Assignment: Would you print each of the entries below precisely as given?
-----
//! From a text to its canonical text.
ghost use Rattle.std.specs.Prelude.{◌≡◌, IfErr, IfOk, OnOk, false, string_bytes, true};
ghost use Rattle.justfile_canonical.specs.declared.fault.FormatFault.TheVariants as faults;
ghost use Rattle.justfile_canonical.specs.Fault.{IsFormatFaultOf, IsFaultOfPrinting, IsPlaceOf, IsRejectionFor};
ghost use Rattle.justfile_canonical.specs.Formatting.{IsFileOf, IsFormatted, IsPrinted};
ghost use Rattle.justfile_indentation.specs.OwnIndentation.{HasCookedIndentation, IsIndentedBy};
ghost use Rattle.justfile_vocabulary.specs.Indentation.{indentation_text};
ghost use Rattle.justfile_ast.specs.Ast.{ast_shape, tree_of};
ghost use Rattle.justfile_model.specs.Meanings.Enabled.{indentation_of};
ghost use Rattle.justfile_model.specs.Printed.Printing.{printable};

use crate::fault::{FormatFault, Rejection};
use crate::parts::format_long;
use crate::root::parse_root;
use justfile_ast::Ast;
use justfile_indentation::own_indentation;
use justfile_token::{CompileError, Fault};
use justfile_vocabulary::Indentation;
use std::alloc::Global;
use std::mem;

/// Returns the canonical text of a justfile, at the indentation that it sets or four spaces. Errors
/// name this path.
///
/// # Errors
///
/// The text isn't a justfile or can't be printed, or memory or numbers run out.
pub fn format_text(alloc: Global, path: &str, source: &str) -> Result<String, FormatFault>
    ensures ok { IfOk result (λ text. IsFormatted source.now (string_bytes text)) }
    ensures err { IfErr result (IsFormatFaultOf path.now source.now) }
{
    match format_long(alloc, source) {
        Some(text) => Ok(text),
        None => format_whole(alloc, path, source),
    }
}

/// Does the same as `format_text`, with the tree of the whole text.
fn format_whole(alloc: Global, path: &str, source: &str) -> Result<String, FormatFault>
    ensures ok { IfOk result (λ text. IsFormatted source.now (string_bytes text)) }
    ensures err { IfErr result (IsFormatFaultOf path.now source.now) }
{
    let mut ast = parse(alloc, path, source)?;
    print(&mut ast, alloc)
}

/// Does the same as `format_text`, but doesn't free the tree: for a program that ends soon, whose
/// memory the system takes back at once.
///
/// # Errors
///
/// As for `format_text`.
pub fn format_and_forget(alloc: Global, path: &str, source: &str) -> Result<String, FormatFault>
    ensures ok { IfOk result (λ text. IsFormatted source.now (string_bytes text)) }
    ensures err { IfErr result (IsFormatFaultOf path.now source.now) }
{
    match format_long(alloc, source) {
        Some(text) => Ok(text),
        None => format_whole_and_forget(alloc, path, source),
    }
}

/// Does the same as `format_and_forget`, with the tree of the whole text.
fn format_whole_and_forget(alloc: Global, path: &str, source: &str) -> Result<String, FormatFault>
    ensures ok { IfOk result (λ text. IsFormatted source.now (string_bytes text)) }
    ensures err { IfErr result (IsFormatFaultOf path.now source.now) }
{
    let mut ast = parse(alloc, path, source)?;
    let text = print(&mut ast, alloc)?;
    mem::forget(ast);
    Ok(text)
}

/// Parses a text as the root file at this path, to format it.
///
/// # Errors
///
/// The text isn't a justfile, or memory or numbers run out.
pub fn parse<'src>(
    alloc: Global,
    path: &'src str,
    source: &'src str,
) -> Result<Ast<'src>, FormatFault>
    ensures ok { IfOk result (IsFileOf source.now) }
    ensures err { IfErr result (IsFormatFaultOf path.now source.now) }
{
    match parse_root(alloc, path, source) {
        Ok(ast) => Ok(ast),
        Err(Fault::Compile(error)) => Err(rejected_fault(alloc, &error)),
        Err(Fault::Memory) => Err(FormatFault::Memory),
        Err(Fault::Numbers) => Err(FormatFault::Numbers),
    }
}

/// Makes the fault for an error: its message, and the excerpt of the line that it is on.
fn rejected_fault(alloc: Global, error: &CompileError<'_>) -> FormatFault
    ensures { IsRejectionFor error.now result }
{
    match format!(in alloc; "error: {error}\n{}\n", error.token) {
        Ok(lines) => FormatFault::Rejected(rejection(lines, error)),
        Err(_) => FormatFault::Memory,
    }
}

/// Makes a rejection of the lines for an error, and of its place.
fn rejection(lines: String, error: &CompileError<'_>) -> Rejection
    ensures lines { string_bytes result.lines ≡ string_bytes lines }
    ensures place { IsPlaceOf error.now.token result }
{
    Rejection {
        lines,
        offset: error.token.offset,
        length: error.token.length,
        line: error.token.line,
        column: error.token.column,
    }
}

/// Returns the canonical text of a file. It is passed as `&mut`, since the checker reaches its
/// limit where a caller that holds a file passes a shared reference (`docs/TOOLCHAIN.md`, "could
/// not tell").
fn print(ast: &mut Ast<'_>, alloc: Global) -> Result<String, FormatFault>
    requires { HasCookedIndentation ast.old }
    ensures ok { IfOk result (λ text. IsPrinted ast.old (string_bytes text)) }
    ensures err { IfErr result (IsFaultOfPrinting ast.old) }
{
    let indentation = printing_indentation(ast)?;
    Ok(ast.print(alloc, indentation)?)
}

/// Returns the `own_indentation` of a file that can be printed. Requires that the indentation that
/// the file sets, if it sets one, is the text of its literal.
///
/// # Errors
///
/// `NotPrintable` if the file can't be printed.
pub fn printing_indentation(ast: &Ast<'_>) -> Result<Indentation, FormatFault>
    requires { HasCookedIndentation ast.now }
    ensures printable { OnOk result (printable (ast_shape ast.now) ≡ true) }
    ensures indented { IfOk result (λ indentation. IsIndentedBy (indentation_of (tree_of ast.now))
        (indentation_text indentation)) }
    ensures unprintable { IfErr result (λ e. (e ≡ faults.NotPrintable)
        × (printable (ast_shape ast.now) ≡ false)) }
{
    if !ast.printable() {
        return Err(FormatFault::NotPrintable);
    }
    Ok(own_indentation(ast))
}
-----
Exercise answer:
//! From a text to its canonical text.
ghost use Rattle.std.specs.Prelude.{◌≡◌, IfErr, IfOk, OnOk, false, string_bytes, true};
ghost use Rattle.justfile_canonical.specs.declared.fault.FormatFault.TheVariants as faults;
ghost use Rattle.justfile_canonical.specs.Fault.{IsFormatFaultOf, IsFaultOfPrinting, IsPlaceOf, IsRejectionFor};
ghost use Rattle.justfile_canonical.specs.Formatting.{IsFileOf, IsFormatted, IsPrinted};
ghost use Rattle.justfile_indentation.specs.OwnIndentation.{HasCookedIndentation, IsIndentedBy};
ghost use Rattle.justfile_vocabulary.specs.Indentation.{indentation_text};
ghost use Rattle.justfile_ast.specs.Ast.{ast_shape, tree_of};
ghost use Rattle.justfile_model.specs.Meanings.Enabled.{indentation_of};
ghost use Rattle.justfile_model.specs.Printed.Printing.{printable};

use crate::fault::{FormatFault, Rejection};
use crate::parts::format_long;
use crate::root::parse_root;
use justfile_ast::Ast;
use justfile_indentation::own_indentation;
use justfile_token::{CompileError, Fault};
use justfile_vocabulary::Indentation;
use std::alloc::Global;
use std::mem;

/// Returns the canonical text of a justfile, at the indentation that it sets or four spaces. Errors
/// name this path.
///
/// # Errors
///
/// The text isn't a justfile or can't be printed, or memory or numbers run out.
pub fn format_text(alloc: Global, path: &str, source: &str) -> Result<String, FormatFault>
    ensures ok { IfOk result (λ text. IsFormatted source.now (string_bytes text)) }
    ensures err { IfErr result (IsFormatFaultOf path.now source.now) }
{
    match format_long(alloc, source) {
        Some(text) => Ok(text),
        None => format_whole(alloc, path, source),
    }
}

/// Does the same as `format_text`, with the tree of the whole text.
fn format_whole(alloc: Global, path: &str, source: &str) -> Result<String, FormatFault>
    ensures ok { IfOk result (λ text. IsFormatted source.now (string_bytes text)) }
    ensures err { IfErr result (IsFormatFaultOf path.now source.now) }
{
    let mut ast = parse(alloc, path, source)?;
    print(&mut ast, alloc)
}

/// Does the same as `format_text`, but doesn't free the tree: for a program that ends soon, whose
/// memory the system takes back at once.
///
/// # Errors
///
/// As for `format_text`.
pub fn format_and_forget(alloc: Global, path: &str, source: &str) -> Result<String, FormatFault>
    ensures ok { IfOk result (λ text. IsFormatted source.now (string_bytes text)) }
    ensures err { IfErr result (IsFormatFaultOf path.now source.now) }
{
    match format_long(alloc, source) {
        Some(text) => Ok(text),
        None => format_whole_and_forget(alloc, path, source),
    }
}

/// Does the same as `format_and_forget`, with the tree of the whole text.
fn format_whole_and_forget(alloc: Global, path: &str, source: &str) -> Result<String, FormatFault>
    ensures ok { IfOk result (λ text. IsFormatted source.now (string_bytes text)) }
    ensures err { IfErr result (IsFormatFaultOf path.now source.now) }
{
    let mut ast = parse(alloc, path, source)?;
    let text = print(&mut ast, alloc)?;
    mem::forget(ast);
    Ok(text)
}

/// Parses a text as the root file at this path, to format it.
///
/// # Errors
///
/// The text isn't a justfile, or memory or numbers run out.
pub fn parse<'src>(
    alloc: Global,
    path: &'src str,
    source: &'src str,
) -> Result<Ast<'src>, FormatFault>
    ensures ok { IfOk result (IsFileOf source.now) }
    ensures err { IfErr result (IsFormatFaultOf path.now source.now) }
{
    match parse_root(alloc, path, source) {
        Ok(ast) => Ok(ast),
        Err(Fault::Compile(error)) => Err(rejected_fault(alloc, &error)),
        Err(Fault::Memory) => Err(FormatFault::Memory),
        Err(Fault::Numbers) => Err(FormatFault::Numbers),
    }
}

/// Makes the fault for an error: its message, and the excerpt of the line that it is on.
fn rejected_fault(alloc: Global, error: &CompileError<'_>) -> FormatFault
    ensures { IsRejectionFor error.now result }
{
    match format!(in alloc; "error: {error}\n{}\n", error.token) {
        Ok(lines) => FormatFault::Rejected(rejection(lines, error)),
        Err(_) => FormatFault::Memory,
    }
}

/// Makes a rejection of the lines for an error, and of its place.
fn rejection(lines: String, error: &CompileError<'_>) -> Rejection
    ensures lines { string_bytes result.lines ≡ string_bytes lines }
    ensures place { IsPlaceOf error.now.token result }
{
    Rejection {
        lines,
        offset: error.token.offset,
        length: error.token.length,
        line: error.token.line,
        column: error.token.column,
    }
}

/// Returns the canonical text of a file. It is passed as `&mut`, since the checker reaches its
/// limit where a caller that holds a file passes a shared reference (`docs/TOOLCHAIN.md`, "could
/// not tell").
fn print(ast: &mut Ast<'_>, alloc: Global) -> Result<String, FormatFault>
    requires { HasCookedIndentation ast.old }
    ensures ok { IfOk result (λ text. IsPrinted ast.old (string_bytes text)) }
    ensures err { IfErr result (IsFaultOfPrinting ast.old) }
{
    let indentation = printing_indentation(ast)?;
    Ok(ast.print(alloc, indentation)?)
}

/// Returns the `own_indentation` of a file that can be printed. Requires that the indentation that
/// the file sets, if it sets one, is the text of its literal.
///
/// # Errors
///
/// `NotPrintable` if the file can't be printed.
pub fn printing_indentation(ast: &Ast<'_>) -> Result<Indentation, FormatFault>
    requires { HasCookedIndentation ast.now }
    ensures printable { OnOk result (printable (ast_shape ast.now) ≡ true) }
    ensures indented { IfOk result (λ indentation. IsIndentedBy (indentation_of (tree_of ast.now))
        (indentation_text indentation)) }
    ensures unprintable { IfErr result (λ e. (e ≡ faults.NotPrintable)
        × (printable (ast_shape ast.now) ≡ false)) }
{
    if !ast.printable() {
        return Err(FormatFault::NotPrintable);
    }
    Ok(own_indentation(ast))
}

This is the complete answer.